A triangle $\vartriangle ABC$ is given and we know the radius $r$ of its incircle $(O, r)$. Let $D$ be the tangential point of the incircle on $AC$ which partitions $AC$ into $AD=\alpha$ and $DC=\beta$. Determine the area of $\vartriangle ABC$ as a function of $\alpha$, $\beta$ and $r$.
On
Solution 1: Draw $AO$, $AO$ and $CO$. We know that these are the bisectors of $\angle BAC$, $\angle ABC$ and $\angle BCA$ respectively.
Let $\angle OAC = \frac{1}{2} \angle BAC =: \phi_A$ and $\angle OBE = \frac{1}{2} \angle ABC =: \phi_B$ and $\angle OCA = \frac{1}{2}\angle BCA =: \phi_C$.
We have that $\angle ODA$ is a right angle (and so is $\angle ODC$). Thus $\tan \phi_A = \frac{r}{\alpha}$ and $\tan \phi_C = \frac{r}{\beta}$. Therefore $\angle AOD = \frac{\pi}{2} - \phi_A$.
The two right-angled triangles $\vartriangle ADO$ and $\vartriangle AEO$ are equal (indeed, they share a common side $AO$ and $OE=OD=r$). Thus, $\angle EOA = \angle DOA = \frac{\pi}{2} - \phi_A$.
Similarly, $\angle COD = \frac{\pi}{2}-\phi_C$ and since $\vartriangle COD = \vartriangle COF$ it is $\angle COF = \angle COD = \frac{\pi}{2}-\phi_C$.

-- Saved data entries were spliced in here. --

impl Symbols {
    /// Defines the constants of a list of pairs, each by the equation that the hypotheses have of its variable
    /// (OpenTheory article format, version 6, `defineConstList`). It is refused with `NameTaken` where a constant has
    /// one of the names; else with `NotClosed` where a defining term has a free variable; else with `ExtraTypeVars` where
    /// a defining term has a type variable that its type lacks; else with `BadDefinitionList` where names or variables
    /// repeat, there are not as many hypotheses as pairs, a variable has no equation, or the conclusion has a free
    /// variable outside the list.
    pub fn define_list(
        &mut self,
        table: &mut TermTable,
        pairs: &[(Name, Variable)],
        hyps: &[TermId],
        concl: TermId,
    ) -> Result<(), Fault>
        requires known { AreKnownSymbols table.old self.old }
        requires pairs { ArePairsKnown table.old pairs.now }
        requires hyps { AreTerms table.old hyps.now }
        requires concl { IsTermAt table.old concl.0 }
        ensures takes { OnOk result (symbols_at table.new self.new ≡ symbols_at table.old self.old
            ++ map Symbol.defined (definitions_in (pairs_at table.old pairs.now) (terms_at table.old hyps.now))) }
        ensures fits { OnOk result (list_fault (symbols_at table.old self.old) (pairs_at table.old pairs.now)
            (record { hypotheses = terms_at table.old hyps.now; conclusion = term_at table.old concl.0 }) ≡ None) }
        ensures refusal { IfErr result (λ fault. Refuses fault (list_fault (symbols_at table.old self.old) (pairs_at table.old pairs.now)
            (record { hypotheses = terms_at table.old hyps.now; conclusion = term_at table.old concl.0 }))) }
        ensures unchanged { OnErr result (self.new ≡ self.old) }
        ensures known { AreKnownSymbols table.new self.new }
        ensures table { table.new ≡ table.old }
    {
        match self.judge_list(table, pairs, hyps, concl) {
            Ok(terms) => {
                let taken = self.take_list(pairs, &terms);
                drop(terms);
                taken?;
                Ok(())
            }
            Err(fault) => Err(fault),
        }
    }

    /// Judges the definitions of a list of constants as `define_list` does, and takes nothing: for a caller that has more
    /// to judge. It gives the terms that define them, in the order of the pairs.
    pub fn judge_list(
        &self,
        table: &TermTable,
        pairs: &[(Name, Variable)],
        hyps: &[TermId],
        concl: TermId,
    ) -> Result<Vec<TermId>, Fault>
        requires known { AreKnownSymbols table.now self.now }
        requires pairs { ArePairsKnown table.now pairs.now }
        requires hyps { AreTerms table.now hyps.now }
        requires concl { IsTermAt table.now concl.0 }
        ensures defined { IfOk result (λ terms. AreDefined table.now (pairs_at table.now pairs.now) (terms_at table.now hyps.now) pairs.now terms.items) }
        ensures fits { OnOk result (list_fault (symbols_at table.now self.now) (pairs_at table.now pairs.now)
            (record { hypotheses = terms_at table.now hyps.now; conclusion = term_at table.now concl.0 }) ≡ None) }
        ensures refusal { IfErr result (λ fault. Refuses fault (list_fault (symbols_at table.now self.now) (pairs_at table.now pairs.now)
            (record { hypotheses = terms_at table.now hyps.now; conclusion = term_at table.now concl.0 }))) }
    {
        if self.has_taken(table, pairs) {
            return Err(Fault::Refused(Kind::NameTaken));
        }
        let mut variables = VariableSet::new(self.alloc);
        let terms = judge_definitions(self.alloc, table, pairs, hyps, concl, &mut variables);
        drop(variables);
        terms
    }

    // Whether one of the names is taken.
    fn has_taken(&self, table: &TermTable, pairs: &[(Name, Variable)]) -> bool
        requires { AreKnownSymbols table.now self.now }
        ensures { result ≡ list_any (is_taken_constant (symbols_at table.now self.now)) (names_in (pairs_at table.now pairs.now)) }
    {
        for pair in pairs {
            if self.is_constant(&pair.0) {
                return true;
            }
        }
        false
    }

    // Takes constants, of which none is taken.
    fn take_list(&mut self, pairs: &[(Name, Variable)], terms: &[TermId]) -> Result<(), Memory>
        requires same { length pairs.now ≡ length terms.now }
        requires new { AreNew (generics_of self.old) pairs.now }
        ensures takes { OnOk result (self.new ≡ self.old ++ constants_of pairs.now terms.now) }
        ensures unchanged { OnErr result (self.new ≡ self.old) }
    {
        let mark = self.mark();
        for index in 0..pairs.len() {
            let pair = &pairs[index];
            match self.take_const(&pair.0, terms[index], pair.1.ty) {
                Ok(()) => {}
                Err(_) => {
                    self.cut(mark);
                    return Err(Memory);
                }
            }
        }
        Ok(())
    }

    // How many symbols are taken, and how many constants are defined.
    fn mark(&self) -> Mark
        ensures taken { result.taken ≡ length self.now }
        ensures generics { result.generics ≡ length (generics_of self.now) }
    {
        Mark {
            taken: self.taken.len(),
            generics: self.generics.len(),
        }
    }

    // Gives up the constants that were defined after the mark, where nothing else was taken.
    fn cut(&mut self, mark: Mark)
        requires { (before : List Taken) × IsMarked before self.old mark }
        ensures { (before : List Taken) → IsMarked before self.old mark → self.new ≡ before }
    {
        self.taken.truncate(mark.taken);
        self.generics.cut(mark.generics);
    }
}
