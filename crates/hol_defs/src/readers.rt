//! The call that reads a symbol.
ghost use Rattle.std.specs.Prelude.{◌≡◌, ◌<◌, Some, length, slice_get};
ghost use Rattle.hol_defs.specs.Views.{taken_of_view};

use crate::Symbols;
use crate::entry::Entry;
use hol_name::Name;
use hol_term::TermId;
use hol_type::TypeId;

/// A type operator that is defined, with its two constants.
#[derive(Clone, Copy)]
pub struct TypeOpView<'a> {
    /// The operator.
    pub op: &'a Name,
    /// The constant from the type of which it is a part.
    pub abs: &'a Name,
    /// The constant to that type.
    pub rep: &'a Name,
    /// The type variables that are its arguments, in their order.
    pub names: &'a [Name],
    /// The type of which it is a part.
    pub whole: TypeId,
    /// The predicate that holds in the part.
    pub predicate: TermId,
    /// The generic type of `abs`.
    pub abs_type: TypeId,
    /// The generic type of `rep`.
    pub rep_type: TypeId,
}

/// A symbol that is taken.
#[derive(Clone, Copy)]
pub enum SymbolView<'a> {
    /// A constant without a definition, which may be used at any type.
    InputConst(&'a Name),
    /// An operator without a definition, with so many arguments.
    InputOp(&'a Name, usize),
    /// A constant, the term that it stands for, and its generic type.
    Const(&'a Name, TermId, TypeId),
    /// A type operator with its two constants.
    TypeOp(TypeOpView<'a>),
}

impl Symbols {
    /// The symbol that was taken at this place, counted from 0.
    pub fn view(&self, place: usize) -> SymbolView<'_>
        requires { place < length self.now }
        ensures { slice_get self.now place ≡ Some (taken_of_view result) }
    {
        match &self.taken[place] {
            Entry::InputConst(name) => SymbolView::InputConst(name),
            Entry::InputOp(name, arity) => SymbolView::InputOp(name, *arity),
            Entry::Const(name, term, ty) => SymbolView::Const(name, *term, *ty),
            Entry::TypeOp(x) => SymbolView::TypeOp(TypeOpView {
                op: &x.op,
                abs: &x.abs,
                rep: &x.rep,
                names: &x.names,
                whole: x.whole,
                predicate: x.predicate,
                abs_type: x.abs_type,
                rep_type: x.rep_type,
            }),
        }
    }
}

Using the fact that $$ \angle AOD + \angle DOC + \angle COF + \angle FOE + \angle EOA = 2\pi,\\ 2(\frac{\pi}{2}-\phi_A) + 2(\frac{\pi}{2}-\phi_C) + \angle FOE = 2\pi,\\ \angle FOE = 2(\phi_A + \phi_C). $$ Because of the equality of $\vartriangle BEO$ and $\vartriangle BFO$ we have $\angle EOB = \frac{\angle FOE}{2} = \phi_A + \phi_C$, so $$ \tan \angle EOB = \frac{BE}{r},\\ BE = r \tan(\phi_A + \phi_C) = r\frac{\tan\phi_A + \tan\phi_C}{1-\tan\phi_A\tan\phi_C}=\\ =r\frac{\frac{r}{\alpha}+\frac{r}{\beta}}{1-\frac{r}{\alpha}\frac{r}{\beta}}=r\frac{\frac{r(\alpha+\beta)}{\alpha\beta}}{\frac{\alpha\beta-r^2}{\alpha\beta}}=r^2\frac{\alpha+\beta}{\alpha\beta-r^2} $$
From the aforementioned triangle equalities we have $AE = \alpha$, $CF = \beta$ and $BF = BE$, therefore, the semiperimeter of $\vartriangle ABC$ is
$$ \tau = \alpha + \beta + BE = \alpha + \beta + r^2\frac{\alpha+\beta}{\alpha\beta-r^2}=\frac{\alpha\beta(\alpha+\beta)}{\alpha\beta-r^2}, $$
and the area of the triangle is
$$S = r\tau = r\frac{\alpha\beta(\alpha+\beta)}{\alpha\beta-r^2}$$
Solution 2: This is a solution without trigonometry and is less elegant. Since $\angle BOE = \phi_A + \phi_C$ there is a point $M$ on $BE$ so that $\angle MOE = \phi_A$ and $\angle MOB = \phi_C$ as in the following figure:
It is easy to see that the two triangles $\vartriangle MEO$ and $\vartriangle OEA$ are similar (they have all their angles equal to one another), so, $$ \frac{EM}{EO}=\frac{EO}{EA},\\ EM = \frac{r^2}{\alpha}. $$ We now need to determine $BM$. What is the same, $\vartriangle BMO$ and $\vartriangle BOC$ are similar (all angles equal to one another). Note that (Pythagorean theorem on $\vartriangle BEO$)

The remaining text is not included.